De Zwitserse onderwijzer Peter Bichsel behaalde in 1965 de prijs van de Gruppe 47 omdat hij er - voor één keer - in geslaagd was met de nieuwe technieken een harmonisch contrapunt vorm/inhoud te bereiken. Het leven van een mens beperkt zich tot twintig minuten, de minuten die voor hem tellen in weerwil van beroep en huwelijk: dergelijke romaninhoud is op zichzelf belangrijk genoeg om de nieuwe technieken met zekere en vaardige hand te gebruiken, niet zo maar te beproeven.

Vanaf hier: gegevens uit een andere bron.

//! Runs that pass whichever request for memory is refused.
use super::{argument, status_of};
use crate::devices::Sink;
use check_attr::{Fault, Globals, Reader, Writer, globals, lines, run};
use gix_attributes::files::Memory;
use gix_attributes::search::AddError;
use std::alloc::{AllocError, Global};

// An attributes file, and the report on its lines.
const INPUT: &[u8] = b"!a b\n* a =x b=\n";

const TEXT: &[u8] = b"1! negative\n2: a ? b=\n";

// A script, and the text that it writes.
const SCRIPT: &[u8] =
    b"add m 14 0 16\n.gitattributes*.sh text eol=lf\nnames 2\ntext\neol\nask l s f 9\nscript.sh\n";

const ANSWERS: &[u8] = b"script.sh: text: set\nscript.sh: eol: lf\n";

// A sink that takes no memory until it has more than 64 bytes.
fn with_room(alloc: Global) -> Result<Sink, AllocError> {
    Ok(Sink::new(Vec::with_capacity(alloc, 64)?, usize::MAX))
}

// Whether a run wrote its text, or a beginning of it for want of memory. No device failed.
fn wrote_what_it_could(ended: Result<(), Fault>, written: &[u8], text: &[u8]) -> bool {
    match ended {
        Ok(()) => written == text,
        Err(Fault::OutOfMemory) => text.starts_with(written),
        Err(Fault::Record(_) | Fault::Read | Fault::Write) => false,
    }
}

// The memory of the writer is reserved before the run.
#[test]
fn without_memory_a_beginning_is_written(rt: HostRuntime) {
    let Ok(mut sink) = with_room(rt.alloc()) else {
        return;
    };
    let (mut reader, mut writer) = (Reader::new(INPUT), Writer::new(&mut sink));
    let ended = lines(rt.alloc(), &mut reader, &mut writer);
    assert!(rt; wrote_what_it_could(ended, &sink.bytes, TEXT));
}

// The lists of a global file, of which one line is dropped.
fn lists_of_a_file(alloc: Global) -> Result<Globals, AddError> {
    let mut files = Memory::new(alloc);
    files.insert("g1", b"*.sh -eol\n!b c\n")?;
    globals(alloc, &mut files, &argument(alloc, "g1")?)
}

// How many lines of that file are dropped.
fn count_of_dropped(alloc: Global) -> Result<usize, AddError> {
    let lists = lists_of_a_file(alloc)?;
    let counts = lists.dropped().iter().map(|lines| lines.len());
    Ok(counts.fold(0, usize::saturating_add))
}

#[test]
fn without_memory_global_files_are_read_again(rt: HostRuntime) -> Result<(), AddError> {
    let alloc = rt.alloc();
    let count = count_of_dropped(alloc).or_else(|_| count_of_dropped(alloc))?;
    assert_eq!(rt; count, 1);
    Ok(())
}

// The lists and the memory of the writer are there before the run.
#[test]
fn without_memory_a_beginning_of_the_answers_is_written(rt: HostRuntime) {
    let (Ok(mut sink), Ok(lists)) = (with_room(rt.alloc()), lists_of_a_file(rt.alloc())) else {
        return;
    };
    let (mut reader, mut writer) = (Reader::new(SCRIPT), Writer::new(&mut sink));
    let ended = run(rt.alloc(), &mut reader, &mut writer, lists);
    assert!(rt; wrote_what_it_could(ended, &sink.bytes, ANSWERS));
}

// Whether the program printed its text, or a beginning of it and the words for want of memory.
fn printed_what_it_could(status: u8, written: &[u8], errors: &[u8]) -> bool {
    match status {
        0 => written == TEXT && errors.is_empty(),
        1 => TEXT.starts_with(written) && errors == b"check_attr: out of memory\n".as_slice(),
        _ => false,
    }
}

// The line on standard error takes no memory, and `errors` has its own.
#[test]
fn without_memory_the_program_prints_it(rt: HostRuntime) {
    let alloc = rt.alloc();
    let (Ok(mut writer), Ok(mut errors)) = (with_room(alloc), with_room(alloc)) else {
        return;
    };
    let Ok(status) = status_of(alloc, "--lines", INPUT, &mut writer, &mut errors) else {
        return;
    };
    let is_right = printed_what_it_could(status, &writer.bytes, &errors.bytes);
    assert!(rt; is_right, "status {status}");
}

Voor één keer geen experiment- | |
| |
om-het-experiment. Door Bichsels ‘Schetsen uit een geheel’ (‘Eigentlich möchte Frau Blum den Milchmann kennenlernen’, Olten, Walter, 1966) wint de roman-met-een-inhoud (daarom nog geen thesis!) opnieuw een (weliswaar klein) stukje veld. Zal de inhoud weer zijn rechten opeisen? De Duitsers zijn ons het antwoord schuldig.
Zou de Gruppe 47 de zwartgallige Jakov Lind niet dankbaar zijn geweest op haar vormverstarrend congres in 1965 toen Lind ze met een nieuwe tekst aan het lachen bracht? Overal sluit de vormobsessie de lach uit. Bijgevolg zijn de neue Realisten slechts realistisch op hun etiket. Schakel de lach uit en je bent uit de werkelijkheid. Behalve als je ze opvat als een mythe, een droom, of een peilende - hoewel subjectieve - projectie à la Robbe-Grillet. De werkelijkheid is immers rekbaar: mythisch, poëtisch, van binnenuit of van buitenuit waargenomen, enz. De meeste schrijvers zullen met evenveel vuur hùn realiteitsschotels verdedigen en ze met een persoonlijke of nationale saus overgieten.